La Dansé des Merveilles, Montecarlo (Francia)
Dormitorios / Exterior de La Dansé des Merveilles
Matildè despertó empapada en su propio sudor. El amanecer ya había comenzado y su habitación se iluminaba con tenues rayos de luz solar. Tras tan terrible pesadilla se le hacía imposible la idea de volver a quedarse dormida. Con su camisón puesto, encendió una vela y se levantó de la cama. No paraba de rondarle por la cabeza la misma cuestión. Tanto la bibliotecaria como Fleurie y su padre habían muerto, pero, ¿y Emmanuel?

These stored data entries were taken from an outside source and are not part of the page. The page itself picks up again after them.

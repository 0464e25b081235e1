// The class account's work on zones all of which count: one pass over their pairs, each added to the sums of its own class.
ghost use Rattle.std.specs.Prelude.{◌≡◌, [], ◌∷◌, ◌++◌, ℕ, ◌*◌, ◌+◌, ◌≤◌, ◌<◌, pos, nat_abs, length};
ghost use Rattle.whole.specs.Sum.{sum};
ghost use Rattle.whole.specs.Table.{table_rows};
ghost use Rattle.account.specs.Answers.{listed, zones_figures};
ghost use Rattle.account.specs.Classes.{row_at};
ghost use Rattle.account.specs.Steps.{most_local, Sized, zones_locals, zones_class_sums, zones_class_locals, row_added, zone_part, Zoned, Owned};

use crate::lists::{ClassDeviations, ClassLists, JobLists};
use crate::{ClassRow, Sums, deviations, differences};

// Adds to W, P and G of class k. A local numerator is the largest number that is added, and 64 of them fit. One function adds to the lent
// rows and to a zone's parts, and finds the sums by place: in rows of three every clause here would be on a list of lists.
// A ClassRow for the three is no plainer: both callers would put it together only for it to be taken apart here.
pub(super) fn add_row(rows: &mut [i64], k: usize, weight: i64, cross: i64, squares: i64)
    requires sized { Sized 6039797760000000000 rows.old 27 }
    requires k_bound { k < 9 }
    requires weight_bound { nat_abs weight ≤ most_local }
    requires cross_bound { nat_abs cross ≤ most_local }
    requires squares_bound { nat_abs squares ≤ most_local }
    ensures { rows.new ≡ row_added rows.old k weight cross squares }
{
    // by places: of what as_chunks_mut has lent a proof knows nothing afterwards
    let place = k * 3;
    rows[place] += weight;
    rows[place + 1] += cross;
    rows[place + 2] += squares;
}

// Adds the pairs of zone i to the three sums of their classes: the weight of each, the weight times d(j), and the weight times
// (x(i) - x(j)) squared.
pub(super) fn add_pairs(work: &ClassDeviations, i: usize, parts: &mut [i64])
    requires i_lt_n { i < work.now.lists.job.n }
    requires parts_value { parts.old ≡ table_rows (λ k place. pos 0) 9 3 }
    ensures { parts.new
        ≡ table_rows (zone_part work.now.lists.job.n work.now.lists.job.values.now work.now.lists.job.weights.now
        work.now.lists.classes.now i) 9 3 }
{
    let ClassLists { job, classes } = work.lists;
    let JobLists { n, values, weights } = job;
    let first = i * n;
    let own = values[i];
    for j in 0..n {
        let pair = first + j;
        let k = usize::from(classes[pair]);
        let weight = i64::from(weights[pair]);
        let deviation = work.d[j];
        let square = differences::squared_difference(own, values[j]);
        add_row(parts, k, weight, weight * deviation, weight * square);
    }
}

// Adds zone i to the three sums of each class, and puts its local numerators, of which P is the sum, into their places: those of the
// classes, and its own, which they add up to.
pub(super) fn add_zone(
    work: &ClassDeviations,
    i: usize,
    rows: &mut [i64; 27],
    class_locals: &mut [i64],
    locals: &mut [i64],
)
    requires i_lt_n { i < work.now.lists.job.n }
    requires zoned { Zoned work.now.lists.job.n work.now.lists.job.values.now work.now.lists.job.weights.now
        work.now.lists.classes.now (λ k. i) rows.old class_locals.old }
    requires owned { Owned work.now.lists.job.n work.now.lists.job.values.now work.now.lists.job.weights.now i locals.old }
    ensures zoned_2 { Zoned work.now.lists.job.n work.now.lists.job.values.now work.now.lists.job.weights.now
        work.now.lists.classes.now (λ k. i + 1) rows.new class_locals.new }
    ensures owned_2 { Owned work.now.lists.job.n work.now.lists.job.values.now work.now.lists.job.weights.now (i + 1) locals.new }
{
    let n = work.lists.job.n;
    let mut parts: [i64; 27] = [0; 27];
    add_pairs(work, i, &mut parts);
    let deviation = work.d[i];
    let mut own: i64 = 0;
    for k in 0..9 {
        let place = k * 3;
        let weight = parts[place];
        let local = deviation * parts[place + 1];
        let squares = parts[place + 2];
        add_row(rows, k, weight, local, squares);
        class_locals[k * n + i] = local;
        own += local;
    }
    locals[i] = own;
}

// The rows and the local numerators, zone by zone.
pub(super) fn add_zones(
    work: &ClassDeviations,
    rows: &mut [i64; 27],
    class_locals: &mut [i64],
    locals: &mut [i64],
)
    requires class_locals_len { length class_locals.old ≡ 9 * work.now.lists.job.n }
    requires locals_len { length locals.old ≡ work.now.lists.job.n }
    ensures rows_after { rows.new
        ≡ zones_class_sums work.now.lists.job.n work.now.lists.job.values.now work.now.lists.job.weights.now work.now.lists.classes.now }
    ensures class_locals_after { class_locals.new
        ≡ zones_class_locals work.now.lists.job.n work.now.lists.job.values.now work.now.lists.job.weights.now work.now.lists.classes.now }
    ensures locals_after { locals.new
        ≡ zones_locals work.now.lists.job.n work.now.lists.job.values.now work.now.lists.job.weights.now }
{
    rows.fill(0);
    for i in 0..work.lists.job.n {
        add_zone(work, i, rows, class_locals, locals);
    }
}

// W and G of the nine classes together.
pub(super) fn nine_together(rows: &[i64; 27]) -> (i64, i64)
    requires weights { (k : ℕ) → k < 9 → nat_abs ((row_at rows.now k).weight) ≤ most_local }
    requires squares { (k : ℕ) → k < 9 → nat_abs ((row_at rows.now k).squares) ≤ most_local }
    ensures weight { result.0 ≡ sum (λ k. (row_at rows.now k).weight) 9 }
    ensures square { result.1 ≡ sum (λ k. (row_at rows.now k).squares) 9 }
{
    // by a loop: for a signed sum at the end of a chain the check finds no bound
    let mut weight: i64 = 0;
    let mut squares: i64 = 0;
    for row in &ClassRow::all(rows) {
        weight += row.weight;
        squares += row.squares;
    }
    (weight, squares)
}

// What is stored goes to three lists of the caller's, here as above: that each has its room is a clause of each function, since n is the
// job's. The class account of n zones, and the sums of them all, where so many values of the whole job are not returned: the rows give their
// W and G, the job's own numerators their P.
pub(super) fn zone_classes(
    lists: &ClassLists,
    missing: usize,
    rows: &mut [i64; 27],
    class_locals: &mut [i64],
    locals: &mut [i64],
) -> Sums
    requires class_locals_len { length class_locals.old ≡ 9 * lists.now.job.n }
    requires locals_len { length locals.old ≡ lists.now.job.n }
    ensures result_value { listed result
        ≡ zones_figures lists.now.job.n lists.now.job.values.now lists.now.job.weights.now ++ (pos missing ∷ []) }
    ensures rows_after { rows.new ≡ zones_class_sums lists.now.job.n lists.now.job.values.now lists.now.job.weights.now
        lists.now.classes.now }
    ensures class_locals_after { class_locals.new
        ≡ zones_class_locals lists.now.job.n lists.now.job.values.now lists.now.job.weights.now lists.now.classes.now }
    ensures locals_after { locals.new ≡ zones_locals lists.now.job.n lists.now.job.values.now lists.now.job.weights.now }
{
    let n = lists.job.n;
    let summed = lists.job.summed();
    let spread = differences::spread(&summed);
    let mut d: [i64; 64] = [0; 64];
    deviations::deviations(&summed, &mut d[..n]);
    let work = ClassDeviations {
        lists: *lists,
        d: &d[..n],
    };
    add_zones(&work, rows, class_locals, locals);
    let (weight, squares) = nine_together(rows);
    let cross = deviations::sum_of(locals);
    Sums {
        total: summed.total,
        spread,
        weight,
        cross,
        squares,
        kept: n,
        missing,
    }
}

No tenía sentido que también se encontrara en el fondo de aquel lago, que se había convertido en el escenario de su peor pesadilla. Decidió que debía tomar aire fresco, para despejarse del mal sueño. Con vela en mano, la joven salió de su habitación en absoluto silencio y cerró la puerta de su dormitorio con disimulo. Bajó las escaleras hasta el hall principal, desde dónde salió al exterior.
La brisa de la mañana le dio de lleno en la cara. El sol en el horizonte, las hojas de los árboles meciéndose suavemente, el olor de rosas y césped recién cortado,... Todo ello la hizo sonreír. Fue la primera vez en mucho tiempo. Y lo añoraba. Más que cualquier otra cosa en el mundo. Minutos más tarde, cuando se sintió de nuevo cansada y dispuesta a regresar a su cama, vio una extraña figura en el campanario de la Academia.

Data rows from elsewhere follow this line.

// The judges: each answers the first broken rule's refusal. A judge of 6 and 7 must find the zones kept, and puts them into room of its
// caller's, so that they are found once in a call: where nothing is refused it answers the job with them, and each judge says that it is
// the job which was lent. n and the lists go one by one until they are judged: a struct of them would have nothing to say before.
ghost use Rattle.std.specs.Prelude.{◌≡◌, [], ◌∷◌, ◌*◌, ◌≤◌, eqb, length, IfOk};
ghost use Rattle.whole.specs.Integer.{is_zero};
ghost use Rattle.whole.specs.Rules.{first_broken};
ghost use Rattle.whole.specs.Table.{at};
ghost use Rattle.refusals.specs.Refusals.{number_of};
ghost use Rattle.account.specs.Measures.{spread_of};
ghost use Rattle.account.specs.Refusals.{list_rules, job_rules, call_rules, job_refusal};
ghost use Rattle.account.specs.Classes.{class_rules, class_lengths};
ghost use Rattle.account.specs.Rank.{rank_refusal};
ghost use Rattle.account.specs.Steps.{gathered, Judged};

use crate::keeping::KeptLists;
use crate::lists::{LentLists, Summed, ZoneValues};
use crate::{deviations, differences};
use judges::Places;
use refusals::Refusal;

// 3, 4 and 5: the lists of a job as they were lent.
pub(super) fn judge_lists(n: usize, values: &[i32], weights: &[u8]) -> Result<(), Refusal>
    ensures { number_of result ≡ first_broken (list_rules n values.now weights.now) }
{
    judges::judge_values(values)?;
    judges::judge_weights(n, weights)
}

// 7 where these values do not vary.
pub(super) fn judge_spread(list: &ZoneValues) -> Result<(), Refusal>
    ensures { number_of result ≡ first_broken
        ((is_zero (spread_of (at list.now.values.now) list.now.n), 7) ∷ []) }
{
    let total = deviations::total(list);
    if differences::spread(&Summed { list: *list, total }) == 0 {
        return Err(Refusal::Spreadless);
    }
    Ok(())
}

// 6 where no zone is kept, 7 where the values of those kept do not vary. Where all are kept these are the values lent, and need no copy.
pub(super) fn judge_sums(kept: &KeptLists) -> Result<(), Refusal>
    ensures { number_of result ≡ first_broken ((eqb (length kept.now.zones.now) 0, 6)
        ∷ (
          is_zero (spread_of (at (gathered kept.now.job.values.now kept.now.zones.now))
              (length kept.now.zones.now)),
          7,
        )
        ∷ []) }
{
    let KeptLists { job, zones } = *kept;
    let LentLists { n, values, .. } = job;
    let many = zones.len();
    if many == 0 {
        return Err(Refusal::Weightless);
    }
    if many == n {
        return judge_spread(&ZoneValues { n, values });
    }
    let mut space: [i32; 64] = [0; 64];
    let kept_values = &mut space[..many];
    kept.gather(values, kept_values);
    judge_spread(&ZoneValues {
        n: many,
        values: kept_values,
    })
}

// 3 to 7, of a job whose sizes are good.
pub(super) fn judge_job<'a>(
    n: usize,
    values: &'a [i32],
    weights: &'a [u8],
    zones: &'a mut [u8; 64],
) -> Result<KeptLists<'a>, Refusal>
    requires le_n { 2 ≤ n }
    requires n_bound { n ≤ 64 }
    requires values_len { length values.now ≡ n }
    requires weights_len { length weights.now ≡ n * n }
    ensures number { number_of result ≡ first_broken (job_rules n values.now weights.now) }
    ensures job { IfOk result (λ kept. Judged n values.now weights.now kept.job.n kept.job.values.now kept.job.weights.now) }
{
    judge_lists(n, values, weights)?;
    let many = kept::keep(n, values, weights, zones)?;
    let kept = KeptLists {
        job: LentLists { n, values, weights },
        zones: &zones[..many],
    };
    judge_sums(&kept)?;
    Ok(kept)
}

// 1 to 7: the refusal of the account. What the n lent places hold is not judged, so their number is all that is asked for.
#[tactic(auto, unfolding(crate::specs::Refusals::call_rules, crate::specs::Refusals::job_rules))]
pub(super) fn judge_account<'a>(
    n: usize,
    values: &'a [i32],
    weights: &'a [u8],
    places: usize,
    zones: &'a mut [u8; 64],
) -> Result<KeptLists<'a>, Refusal>
    ensures number { number_of result
        ≡ first_broken (call_rules n values.now weights.now ((places, n) ∷ []) []) }
    ensures job { IfOk result (λ kept. Judged n values.now weights.now kept.job.n kept.job.values.now kept.job.weights.now) }
{
    judges::judge_lent(
        n,
        &[
            (values.len(), Places::Zones),
            (weights.len(), Places::Pairs),
            (places, Places::Zones),
        ],
    )?;
    judge_job(n, values, weights, zones)
}

// 1 to 7 of a job alone.
#[tactic(auto, unfolding(crate::specs::Refusals::call_rules, crate::specs::Refusals::job_refusal))]
pub fn judge(n: usize, values: &[i32], weights: &[u8]) -> Result<(), Refusal>
    ensures { number_of result ≡ job_refusal n values.now weights.now }
{
    let mut zones: [u8; 64] = [0; 64];
    judge_account(n, values, weights, n, &mut zones)?;
    Ok(())
}

// 1 to 7, then 9: the class account's refusal.
#[tactic(auto, unfolding(crate::specs::Classes::class_rules, crate::specs::Refusals::call_rules, crate::specs::Refusals::job_rules))]
pub(super) fn judge_classes<'a>(
    n: usize,
    values: &'a [i32],
    weights: &'a [u8],
    classes: &[u8],
    rows: usize,
    class_locals: usize,
    locals: usize,
    zones: &'a mut [u8; 64],
) -> Result<KeptLists<'a>, Refusal>
    ensures number { number_of result
        ≡ first_broken (class_rules n values.now weights.now classes.now
        (class_lengths n rows class_locals locals)) }
    ensures job { IfOk result (λ kept. Judged n values.now weights.now kept.job.n kept.job.values.now kept.job.weights.now) }
{
    judges::judge_lent(
        n,
        &[
            (values.len(), Places::Zones),
            (weights.len(), Places::Pairs),
            (classes.len(), Places::Pairs),
            (rows, Places::Fixed(27)),
            (class_locals, Places::ClassZones),
            (locals, Places::Zones),
        ],
    )?;
    let kept = judge_job(n, values, weights, zones)?;
    if judges::any_above(8, classes) {
        return Err(Refusal::Class);
    }
    Ok(kept)
}

// 1 to 7, then 13 and 24: the rank's refusal. How many rows there are, and how many desk numbers, is judged before the job, and what they
// name after it.
pub(super) fn judge_rank<'a>(
    n: usize,
    values: &'a [i32],
    weights: &'a [u8],
    shuffles: &[u8],
    desks: &[u8],
    zones: &'a mut [u8; 64],
) -> Result<KeptLists<'a>, Refusal>
    ensures number { number_of result ≡ rank_refusal n values.now weights.now shuffles.now desks.now }
    ensures job { IfOk result (λ kept. Judged n values.now weights.now kept.job.n kept.job.values.now kept.job.weights.now) }
{
    judges::judge_lent(
        n,
        &[
            (values.len(), Places::Zones),
            (weights.len(), Places::Pairs),
        ],
    )?;
    shuffles::judge_rows(n, shuffles)?;
    if desks.len() != shuffles.len() / n {
        return Err(Refusal::Length);
    }
    let kept = judge_job(n, values, weights, zones)?;
    shuffles::judge_shuffles(n, shuffles)?;
    if judges::any_above(3, desks) {
        return Err(Refusal::Desk);
    }
    Ok(kept)
}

No podía distinguirla bien, pero podía asegurar que era humana. Pobre Matildè. No tenía ni idea de que, en unos segundos, podría verla mucho más de cerca. Y es que, ante su sorpresa, aquel cuerpo se tiró del campanario frente a sus narices. Cerró los ojos. Sintió algo salpicando en su cara. Sangre fresca. Y pegajosa. Ya podía asegurarse a sí misma que jamás se olvidaría de aquel sonido.

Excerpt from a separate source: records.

// The deviations that the zones take in a shuffle.
ghost use Rattle.std.specs.Prelude.{◌≡◌, length, get_or};
ghost use Rattle.whole.specs.Table.{table, at};

use crate::keeping;
use crate::lists::ShuffleRow;

// The deviations in a shuffle: zone i takes that of the zone named at place i.
pub(super) fn shuffle_deviations(d: &[i64], row: &ShuffleRow, moved: &mut [i64])
    requires d_len { length d.now ≡ length row.now.zones.now }
    requires moved_len { length moved.old ≡ length row.now.zones.now }
    ensures { moved.new ≡ table (λ i. at d.now (get_or row.now.zones.now i 0)) (length row.now.zones.now) }
{
    keeping::pick(d, row.zones, moved);
}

La carne y sus huesos espachurrándose con fuerza en el camino de gravilla. No abrió inmediatamente sus ojos. Permaneció en estado de shock, estupefacta, confusa, y sobre todo, asustada. Tenía miedo de abrir los ojos y ver frente a ella un cadáver. Sentía el pánico apoderándose de ella. Faltaban unos segundos para que comenzara a gritar, histérica.
Y lo hizo tras ver que el cadáver que yacía tumbado frente a ella no era ni más ni menos que el de Emmanuel Lombardo.